» **ACTION ITEM**
Search the entries below. Return every line that has "HappenOf" in it.

» **Records contained in a dataset**
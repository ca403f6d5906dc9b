//! How events of resources are made and served.
ghost use Rattle.std.specs.Prelude.{◌≡◌, ◌<◌, ◌^◌, length};
ghost use Rattle.sim_machine.specs.Events as events;
ghost use Rattle.sim_machine.specs.Triggering as triggering;
ghost use Rattle.sim_machine.specs.Trying.{on_calendar};
ghost use Rattle.sim_happen_model.specs.Changes.{more_events, more_callbacks};
ghost use Rattle.sim_happen_model.specs.HappenOf.{IsOpen, unheld_event};
ghost use Rattle.sim_happen_model.specs.Shows.{Follows};
ghost use Rattle.sim_shared_model.specs.ShowsAll.{FollowsAll, TurnsAll};

use crate::shared::Shared;
use sim_types::{Callback, EventId, EventKind};

impl Shared {
    /// A pending event of this kind is made, with one callback.
    pub(crate) fn make(&mut self, kind: EventKind, after: Callback) -> EventId
        requires spare_events { 0 < self.old.happen.spare.events }
        requires spare_callbacks { 0 < self.old.happen.spare.callbacks }
        requires number { length self.old.happen.events < 2 ^ 62 }
        ensures id { result.0 ≡ length self.old.happen.events }
        ensures made { TurnsAll (on_calendar (λ c. events.register (events.next_event c) after
            (triggering.make kind c))) unheld_event self.old self.new }
        ensures open { IsOpen self.new.happen result }
        ensures spare { more_events 1 (more_callbacks 1 self.new.happen.spare)
            ≡ self.old.happen.spare }
        ensures rest { self.new ≡ record self.old { happen = self.new.happen } }
    {
        let event = self.happen.make(kind);
        self.happen.register(event, after);
        event
    }

    /// An event that is open succeeds now.
    pub(crate) fn succeed(&mut self, event: EventId, value: i64)
        requires open { IsOpen self.old.happen event }
        ensures follows { FollowsAll (on_calendar (triggering.succeed event value))
            self.old self.new }
        ensures happen { Follows (triggering.succeed event value) self.old.happen self.new.happen }
        ensures spare { self.new.happen.spare ≡ self.old.happen.spare }
        ensures rest { self.new ≡ record self.old { happen = self.new.happen } }
    {
        let _sure = self.happen.succeed(event, value);
    }
}
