//! Cuts bytes at a mark.
ghost use Rattle.std.specs.Prelude.{◌==◌, ◌≡◌, position};
ghost use Rattle.sim_language.specs.Lines.{up_to};

/// What stands in front of the first such byte, or all where there is none.
pub fn up_to(mark: u8, bytes: &[u8]) -> &[u8]
    ensures { result.now ≡ up_to (λ c. c == mark) bytes.now }
{
    match first_mark(mark, bytes) {
        Some(at) => &bytes[..at],
        None => bytes,
    }
}

fn first_mark(mark: u8, bytes: &[u8]) -> Option<usize>
    ensures { result ≡ position (λ c. c == mark) bytes.now }
{
    bytes.iter().position(|byte| *byte == mark)
}
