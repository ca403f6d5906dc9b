//! The letter that a word begins with.
ghost use Rattle.std.specs.Prelude.{◌≡◌, ◌<◌, IfSome, length};
ghost use Rattle.sim_words.specs.Letters.{letter, row_of};

use crate::name::is_small_letter;

/// The place in the alphabet, counted from 0, of the small letter that the word begins with, if it begins with one.
pub fn letter(word: &[u8]) -> Option<usize>
    ensures letter { result ≡ letter word.now }
    ensures below { IfSome result (λ place. place < 26) }
{
    let first = *word.first()?;
    if is_small_letter(first) {
        Some(usize::from(first - b'a'))
    } else {
        None
    }
}

/// The row of a table at this place.
pub fn row_of<T>(table: &'static [&'static [T]], place: usize) -> &'static [T]
    requires { place < length table.now }
    ensures { result.now ≡ row_of table.now place }
{
    table[place]
}
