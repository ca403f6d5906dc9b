//! How events leave their queues, and requests their slots (SimPy's cancel, release, and the end of `with`).
ghost use Rattle.std.specs.Prelude.{◌≡◌, ◌↔◌, ◌<◌, ◌≤◌, ◌^◌, [], ◌∷◌, ℕ, length, slice_get, Some, IfNone, IfSome, IsFalse, IsTrue};
ghost use Rattle.std.specs.Option.{is_some};
ghost use Rattle.sim_machine.specs.State.{Facilities};
ghost use Rattle.sim_machine.specs.Requests as requests;
ghost use Rattle.sim_machine.specs.MayAsk.{takes_requests};
ghost use Rattle.sim_machine.specs.Users.{resource_at};
ghost use Rattle.sim_happen_model.specs.TableOf.{IsKept, kept_at};
ghost use Rattle.sim_happen_model.specs.Changes.{more_events, more_callbacks};
ghost use Rattle.sim_happen_model.specs.HappenOf.{IsOpen, KeepsRoom, gone_if_unheld, unheld_event};
ghost use Rattle.sim_shared_model.specs.Measuring.{ChangesOnlyAt};
ghost use Rattle.sim_shared_model.specs.ShowsAll.{ShowsAll, FollowsAll, TurnsAll};
ghost use Rattle.sim_shared_model.specs.Waiting.{AreAllOpen, IsWaitingAt, LeavesRoom, WaitsAtMostAt, gone_if_waits, waits_anywhere, waits_in};
ghost use Rattle.sim_shared.specs.Naming.{tried_by, tried_by_first};

use crate::resource::{cancel, release};
use crate::shared::Shared;
use sim_types::{Callback, EventId, EventKind};

// The resource of which a callback has a queue tried.
fn tried_by(callback: Callback) -> Option<u32>
    ensures { result ≡ tried_by callback }
{
    match callback {
        Callback::TryPut(resource) => Some(resource),
        Callback::TryGet(resource) => Some(resource),
        Callback::Resume(_) => None,
        Callback::Check(_) => None,
        Callback::Build(_) => None,
        Callback::Strike(_) => None,
        Callback::Stop => None,
        Callback::Trigger(_) => None,
    }
}

impl Shared {
    // Where the event waits at this place, it is cancelled. The answer is whether it did.
    fn cancel_at(&mut self, at: usize, event: EventId) -> bool
        requires at { at < length self.old.setup }
        requires open { AreAllOpen self.old }
        ensures waited { result ≡ waits_in event (slice_get self.old.resources at) }
        ensures cancelled { IsTrue result →
            TurnsAll (requests.cancel event) (gone_if_unheld event) self.old self.new }
        ensures same { IsFalse result → self.new ≡ self.old }
        ensures used { self.new.used ≡ self.old.used }
        ensures room { KeepsRoom self.old.happen self.new.happen }
        ensures never_less { self.old.happen.spare.events ≤ self.new.happen.spare.events }
        ensures made { length self.new.happen.events ≡ length self.old.happen.events }
        ensures setup { self.new.setup ≡ self.old.setup }
        ensures touched { ChangesOnlyAt (at ∷ []) self.old self.new }
    {
        if !cancel(&mut self.resources[at], event) {
            return false;
        }
        self.happen.shut(event);
        true
    }

    // The event is cancelled wherever it waits: each resource is searched until it is found. The answer is the place where
    // it waited.
    fn cancel_anywhere(&mut self, event: EventId) -> Option<u32>
        requires open { AreAllOpen self.old }
        ensures waited { is_some result ≡ waits_anywhere event self.old.resources }
        ensures place { IfSome result (λ at. IsWaitingAt event at self.old) }
        ensures shown { (f : Facilities) → ShowsAll self.old f →
            is_some result ≡ requests.waits event f }
        ensures cancelled { TurnsAll (requests.cancel event)
            (gone_if_waits (is_some result) event) self.old self.new }
        ensures same { IfNone result (self.new ≡ self.old) }
        ensures used { self.new.used ≡ self.old.used }
        ensures room { KeepsRoom self.old.happen self.new.happen }
        ensures never_less { self.old.happen.spare.events ≤ self.new.happen.spare.events }
        ensures touched { IfSome result (λ at. ChangesOnlyAt (at ∷ []) self.old self.new) }
    {
        for at in 0..self.resources.len() {
            if self.cancel_at(at, event) {
                return Some(at as u32);
            }
        }
        None
    }

    // Whether the event is kept and pending and was not cancelled.
    fn is_open(&self, event: EventId) -> bool
        ensures { IsTrue result ↔ IsOpen self.now.happen event }
    {
        let table = self.happen.table();
        table.is_kept(event) && table.outcome(event).is_none() && !table.is_cancelled(event)
    }

    // The resource that the first callback of an event names. What waits there has its other queue tried once it is
    // processed, and is made with that callback.
    fn named_resource(&self, event: EventId) -> Option<u32>
        requires kept { IsKept self.now.happen.events event }
        ensures { result ≡ tried_by_first (kept_at self.now.happen.events event).callbacks }
    {
        match self.happen.table().first_callback(event) {
            Some(callback) => tried_by(callback),
            None => None,
        }
    }

    // Where the event waits at this place, it is cancelled, and the place is not searched for what is not open: what waits
    // is. The answer is whether it did.
    fn cancel_open_at(&mut self, at: usize, event: EventId) -> bool
        requires at { at < length self.old.setup }
        requires open { AreAllOpen self.old }
        ensures waited { result ≡ waits_in event (slice_get self.old.resources at) }
        ensures cancelled { IsTrue result →
            TurnsAll (requests.cancel event) (gone_if_unheld event) self.old self.new }
        ensures same { IsFalse result → self.new ≡ self.old }
        ensures used { self.new.used ≡ self.old.used }
        ensures room { KeepsRoom self.old.happen self.new.happen }
        ensures never_less { self.old.happen.spare.events ≤ self.new.happen.spare.events }
        ensures made { length self.new.happen.events ≡ length self.old.happen.events }
        ensures setup { self.new.setup ≡ self.old.setup }
        ensures touched { ChangesOnlyAt (at ∷ []) self.old self.new }
    {
        if !self.is_open(event) {
            return false;
        }
        self.cancel_at(at, event)
    }

    // Where the event waits at the resource that its first callback names, it is cancelled. The answer is the place of that
    // resource.
    fn cancel_named(&mut self, event: EventId) -> Option<u32>
        requires open { AreAllOpen self.old }
        requires kept { IsKept self.old.happen.events event }
        ensures here { (res : ℕ) →
            tried_by_first (kept_at self.old.happen.events event).callbacks ≡ Some res →
            is_some result ≡ waits_in event (slice_get self.old.resources res) }
        ensures waited { IsTrue (is_some result) →
            IsTrue (waits_anywhere event self.old.resources) }
        ensures place { IfSome result (λ at. IsWaitingAt event at self.old) }
        ensures cancelled { IsTrue (is_some result) →
            TurnsAll (requests.cancel event) (gone_if_unheld event) self.old self.new }
        ensures same { IfNone result (self.new ≡ self.old) }
        ensures used { self.new.used ≡ self.old.used }
        ensures room { KeepsRoom self.old.happen self.new.happen }
        ensures never_less { self.old.happen.spare.events ≤ self.new.happen.spare.events }
        ensures touched { IfSome result (λ at. ChangesOnlyAt (at ∷ []) self.old self.new) }
    {
        let res = self.named_resource(event)?;
        let at = res as usize;
        if at >= self.resources.len() {
            return None;
        }
        if self.cancel_at(at, event) {
            return Some(res);
        }
        None
    }

    /// Takes an event out of its queue, and nothing is tried (SimPy's cancel). The answer is the place of the resource
    /// where it waited. What waits is open, and its first callback names the resource, so no other is searched.
    pub fn take_out(&mut self, event: EventId) -> Option<u32>
        requires open { AreAllOpen self.old }
        ensures waited { is_some result ≡ waits_anywhere event self.old.resources }
        ensures place { IfSome result (λ at. IsWaitingAt event at self.old) }
        ensures shown { (f : Facilities) → ShowsAll self.old f →
            is_some result ≡ requests.waits event f }
        ensures cancelled { TurnsAll (requests.cancel event)
            (gone_if_waits (is_some result) event) self.old self.new }
        ensures same { IfNone result (self.new ≡ self.old) }
        ensures used { self.new.used ≡ self.old.used }
        ensures room { KeepsRoom self.old.happen self.new.happen }
        ensures never_less { self.old.happen.spare.events ≤ self.new.happen.spare.events }
        ensures touched { IfSome result (λ at. ChangesOnlyAt (at ∷ []) self.old self.new) }
    {
        if !self.is_open(event) {
            return None;
        }
        if let Some(at) = self.cancel_named(event) {
            return Some(at);
        }
        self.cancel_anywhere(event)
    }

    /// Takes an event out of its queue, and nothing is tried (SimPy's cancel). The answer is whether it waited.
    pub fn cancel(&mut self, event: EventId) -> bool
        requires open { AreAllOpen self.old }
        ensures waited { result ≡ waits_anywhere event self.old.resources }
        ensures shown { (f : Facilities) → ShowsAll self.old f →
            result ≡ requests.waits event f }
        ensures cancelled { TurnsAll (requests.cancel event) (gone_if_waits result event)
            self.old self.new }
        ensures same { IsFalse result → self.new ≡ self.old }
        ensures used { self.new.used ≡ self.old.used }
        ensures room { KeepsRoom self.old.happen self.new.happen }
        ensures never_less { self.old.happen.spare.events ≤ self.new.happen.spare.events }
    {
        self.take_out(event).is_some()
    }

    // The request is a user no longer, where it is one.
    fn end_use(&mut self, res: u32, request: EventId)
        requires res { res < length self.old.setup }
        requires slots { IsTrue (takes_requests (resource_at self.old.setup res).kind) }
        ensures follows { FollowsAll (requests.end_use res request) self.old self.new }
        ensures happen { self.new.happen ≡ self.old.happen }
        ensures used { self.new.used ≡ self.old.used }
        ensures touched { ChangesOnlyAt (res ∷ []) self.old self.new }
    {
        release(&mut self.resources[res as usize], request);
    }

    /// A release of the request is made and served at once: where the request uses a slot of this resource, it does so
    /// no longer. Nothing is tried before the release is processed (SimPy's Resource.release). The answer is the
    /// release.
    pub fn release(&mut self, res: u32, request: EventId) -> EventId
        requires res { res < length self.old.setup }
        requires slots { IsTrue (takes_requests (resource_at self.old.setup res).kind) }
        requires spare_events { 0 < self.old.happen.spare.events }
        requires spare_callbacks { 0 < self.old.happen.spare.callbacks }
        requires number { length self.old.happen.events < 2 ^ 62 }
        ensures id { result.0 ≡ length self.old.happen.events }
        ensures released { TurnsAll (requests.make_release res request) unheld_event
            self.old self.new }
        ensures used { self.new.used ≡ self.old.used }
        ensures spare { more_events 1 (more_callbacks 1 self.new.happen.spare)
            ≡ self.old.happen.spare }
        ensures touched { ChangesOnlyAt (res ∷ []) self.old self.new }
    {
        let event = self.make(EventKind::Release, Callback::TryPut(res));
        self.end_use(res, request);
        self.succeed(event, 0);
        event
    }

    /// A scope is left: a request that still waits is cancelled, and in any case it is released (SimPy's end of
    /// `with`). The answer is the release. A request that was granted is not looked for in the queue.
    pub fn leave(&mut self, res: u32, request: EventId) -> EventId
        requires res { res < length self.old.setup }
        requires slots { IsTrue (takes_requests (resource_at self.old.setup res).kind) }
        requires open { AreAllOpen self.old }
        requires here { WaitsAtMostAt request res self.old }
        requires spare_events { 0 < self.old.happen.spare.events }
        requires spare_callbacks { 0 < self.old.happen.spare.callbacks }
        requires number { length self.old.happen.events < 2 ^ 62 }
        ensures id { result.0 ≡ length self.old.happen.events }
        ensures left { let waited = waits_anywhere request self.old.resources in
            TurnsAll (requests.leave res request)
            (λ hs. unheld_event (gone_if_waits waited request hs)) self.old self.new }
        ensures used { self.new.used ≡ self.old.used }
        ensures room { LeavesRoom self.old.happen self.new.happen }
        ensures touched { ChangesOnlyAt (res ∷ []) self.old self.new }
    {
        let _waited = self.cancel_open_at(res as usize, request);
        self.release(res, request)
    }
}
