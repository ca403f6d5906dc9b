//! Parameters of processes.
ghost use Rattle.std.specs.Prelude.{◌≡◌, ◌||◌, codes};
ghost use Rattle.sim_language.specs.Lines.{is_empty, same};
ghost use Rattle.sim_language.specs.Parameters.{class_part, is_parameter, parameter_class, parameter_name};

use crate::mark::up_to;
use crate::name::is_name;
use sim_language::Version;
use sim_types::Class;

/// What stands in front of the first colon.
pub fn parameter_name(word: &[u8]) -> &[u8]
    ensures { result.now ≡ parameter_name word.now }
{
    up_to(b':', word)
}

/// The class by what stands from the first colon on.
pub fn parameter_class(word: &[u8]) -> Class
    ensures { result ≡ parameter_class word.now }
{
    let class = class_part(word);
    if class == b":event".as_slice() {
        Class::Event
    } else if class == b":proc".as_slice() {
        Class::Proc
    } else {
        Class::Number
    }
}

/// Whether the word is a name in a text of this version, alone or with `:event` or `:proc`.
pub fn is_parameter(version: Version, word: &[u8]) -> bool
    ensures { result ≡ is_parameter version word.now }
{
    is_name(version, parameter_name(word)) && may_end_parameter(class_part(word))
}

fn may_end_parameter(class: &[u8]) -> bool
    ensures { result
        ≡ (is_empty class.now
        || same class.now (codes ":event")
        || same class.now (codes ":proc")) }
{
    class.is_empty() || class == b":event".as_slice() || class == b":proc".as_slice()
}

/// The word from its first colon on.
#[tactic(auto, using(crate::proofs::Fronts::length_up_to))]
fn class_part(word: &[u8]) -> &[u8]
    ensures { result.now ≡ class_part word.now }
{
    &word[parameter_name(word).len()..]
}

» **RESULT FOR THIS TASK**
ghost use Rattle.sim_happen_model.specs.HappenOf.{IsOpen, unheld_event};
ghost use Rattle.sim_happen_model.specs.HappenOf.{IsOpen, KeepsRoom, gone_if_unheld, unheld_event};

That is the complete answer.